MI500 architectural specifics: CDNA 6 details, the successor rack platform, and a more honest definition of the "1,000×" comparison baseline.

ROCm software milestones: Anything that narrows the gap with CUDA for training workloads — specific framework integrations, FlashAttention 3 parity, named enterprise software certifications.

AMD's Advancing AI 2026 keynote livestreams on the AMD YouTube channel on July 23. Registration is open at AMD's Advancing AI event page.


Frequently Asked Questions

How does AMD Helios compare to Nvidia Vera Rubin NVL72 for AI workloads?

AMD Helios carries a 50% memory advantage per rack — 31 TB of HBM4 versus Vera Rubin's 20.7 TB — which benefits large-model inference by keeping trillion-parameter models on a single rack without partitioning. Nvidia's Vera Rubin leads on training throughput (2.5 versus 1.4 exaFLOPS at FP8) and on per-GPU interconnect bandwidth through NVLink 6, which is optimized for mixture-of-experts routing patterns that dominate frontier AI model architectures. The two platforms are competitive on paper at different workload types; real-world MLPerf benchmark data for MI455X is not yet publicly available as of AMD's July 23 keynote.

What is AMD Advancing AI 2026 and when does it happen?

AMD Advancing AI 2026 is AMD's annual flagship AI event, held in-person and livestreamed from the Moscone Center in San Francisco. Partner and developer sessions run on July 22; the main keynote with CEO Lisa Su is July 23. AMD launched the event format as a direct counterpart to Nvidia's GTC developer conference, using it to announce major data center products and ecosystem partnerships.

Will AMD MI455X GPUs be available on cloud platforms in 2026?
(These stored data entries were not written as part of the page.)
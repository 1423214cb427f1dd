ghost use Rattle.std.specs.Prelude.{◌≡◌, ◌≤◌, length, ◌++◌, [], ◌∷◌, map, take, is_ok, if◌then◌else◌, nat_eq, string_bytes, Some, None, IfOk, find, bytes_eq};
ghost use Rattle.std.specs.List.{list_any};
ghost use Rattle.std.specs.Option.{option_map, option_copied};
ghost use Rattle.vkg_base.specs.InMemory.{files_of, Loads};
ghost use Rattle.vkg_base.specs.Outside.{held, LoadCounts, Gives};

use crate::{LoadFault, Store};
use std::alloc::{AllocError, Global};
use std::marker::Model;

/// Files in memory, by name; the first of a name counts. The loads whose number, from 1, is listed fail, and so does
/// that of a name that is not there.
#[derive(Drop)]
pub struct MemStore {
    files: Vec<(String, Vec<u8>)>,
    failing: Vec<u64>,
    asked: Vec<String>,
    faults: u64,
}

impl Model for MemStore {
    ghost use Rattle.std.specs.Prelude.{Some, map, string_bytes};
    ghost use Rattle.vkg_base.specs.InMemory.{MemStoreState, files_of};

    ghost Value = { MemStoreState };

    ghost view = { λ s. record { store = record { files = Some (files_of s.files.items); asked = map string_bytes s.asked.items; faults = s.faults }; failing = s.failing.items } };
}

impl MemStore {
    /// A store of these files that was asked for nothing yet.
    pub fn new(files: Vec<(String, Vec<u8>)>, failing: Vec<u64>) -> MemStore
        ensures { result ≡ record { store = record { files = Some (files_of files.items); asked = []; faults = 0 }; failing = failing.items } }
    {
        let alloc: Global = *files.allocator();
        MemStore {
            files,
            failing,
            asked: Vec::new(alloc),
            faults: 0,
        }
    }

    /// How many loads failed.
    pub fn faults(&self) -> u64
        ensures { result ≡ self.now.store.faults }
    {
        self.faults
    }
}

// The first file of this name.
fn find_entry<'f>(files: &'f [(String, Vec<u8>)], name: &str) -> Option<&'f (String, Vec<u8>)>
    ensures { option_copied result ≡ find (λ file. bytes_eq (string_bytes file.0) name.now) files.now }
{
    files.iter().find(|file| file.0.as_str() == name)
}

// The bytes of the first file of this name.
#[tactic(auto, using(crate::proofs::Files::held_is_find))]
fn find_file<'f>(files: &'f [(String, Vec<u8>)], name: &str) -> Option<&'f Vec<u8>>
    ensures { option_map (λ v. v.items) (option_copied result) ≡ held (files_of files.now) name.now }
{
    match find_entry(files, name) {
        Some(file) => Some(&file.1),
        None => None,
    }
}

// The bytes that the load of this number gives: none where it is listed, or where no file has the name.
fn given<'f>(
    files: &'f [(String, Vec<u8>)],
    failing: &[u64],
    number: u64,
    name: &str,
) -> Option<&'f Vec<u8>>
    ensures { option_map (λ v. v.items) (option_copied result) ≡ (if list_any (λ k. nat_eq k number) failing.now then None else held (files_of files.now) name.now) }
{
    if failing.contains(&number) {
        return None;
    }
    find_file(files, name)
}

// Puts the name down.
fn ask(asked: &mut Vec<String>, alloc: Global, name: &str) -> Result<(), AllocError>
    ensures { map string_bytes asked.new.items ≡ (if is_ok result then map string_bytes asked.old.items ++ name.now ∷ [] else map string_bytes asked.old.items) }
{
    let own = String::from_str(alloc, name)?;
    asked.push(own)?;
    Ok(())
}

// The bytes, cut after the first `limit` of them.
fn cut(alloc: Global, bytes: &[u8], limit: u64) -> Result<Vec<u8>, AllocError>
    ensures { IfOk result (λ v. v.items ≡ take limit bytes.now) }
{
    if bytes.len() as u64 <= limit {
        return bytes.to_vec(alloc);
    }
    bytes[..limit as usize].to_vec(alloc)
}

impl Store for MemStore {
    ghost state = { λ s. s.store };

    fn load(&mut self, alloc: Global, name: &str, limit: u64) -> Result<Vec<u8>, LoadFault>
        ensures files { self.new.store.files ≡ self.old.store.files }
        ensures counts { LoadCounts self.old.store self.new.store name.now result }
        ensures bytes { IfOk result (λ v. Gives self.old.store.files name.now limit v.items) }
        ensures limit { IfOk result (λ v. length v.items ≤ limit) }
        ensures exactly { Loads self.old self.new name.now limit result }
    {
        ask(&mut self.asked, alloc, name)?;
        let number = self.asked.len() as u64;
        if let Some(bytes) = given(&self.files, &self.failing, number, name) {
            return Ok(cut(alloc, bytes, limit)?);
        }
        self.faults = self.faults.saturating_add(1);
        Err(LoadFault::Failed)
    }
}
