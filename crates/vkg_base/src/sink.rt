ghost use Rattle.std.specs.Prelude.{OnOk, OnErr};
ghost use Rattle.vkg_base.specs.Outside.{SinkState, Took, Broke};

use thiserror::Error;

/// One write failed: the sink took only a prefix of its piece.
#[derive(Clone, Copy, Debug, Drop, Error, PartialEq, Eq)]
#[error("a write failed")]
pub struct Failed;

/// A sink took only a prefix of all that it was to take.
#[derive(Clone, Copy, Debug, Drop, Error, PartialEq, Eq)]
#[error("not written to the end")]
pub struct WriteFault;

/// A sink of bytes. It counts its faults.
pub trait Sink {
    ghost state: { Self → SinkState };

    /// Takes the whole piece, or a prefix of it at a fault. It takes no memory.
    fn write(&mut self, piece: &[u8]) -> Result<(), Failed>
        ensures ok { OnOk result (Took (state self.old) (state self.new) piece.now) }
        ensures failed { OnErr result (Broke (state self.old) (state self.new) piece.now) };
}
Engineering samples and limited-volume Helios production are targeted for H2 2026, with Oracle Cloud confirmed as one of the first deployers beginning a 50,000-GPU rollout in Q3 2026. Cloud availability for general customers typically lags hardware shipment by three to six months as providers qualify silicon and integrate drivers. The earliest realistic window for broadly available MI455X cloud instances is early 2027, coinciding with AMD's projected mass-production ramp.

What is the difference between UALink and UALink-over-Ethernet in the Helios rack?

Native UALink — the open-standard die-to-die interconnect ratified by a consortium including AMD, Google, Meta, and Microsoft — was designed to deliver low-latency accelerator-to-accelerator communication at up to 200 Gb/s per lane. Initial Helios systems use UALink-over-Ethernet (UALoE), which runs the UALink protocol over a standard 800GbE physical layer using a Broadcom-co-designed switch. UALoE allows Helios to ship using existing Ethernet ecosystem components before dedicated UALink switch silicon is available at scale. Full native UALink customer platforms are targeted for 2027.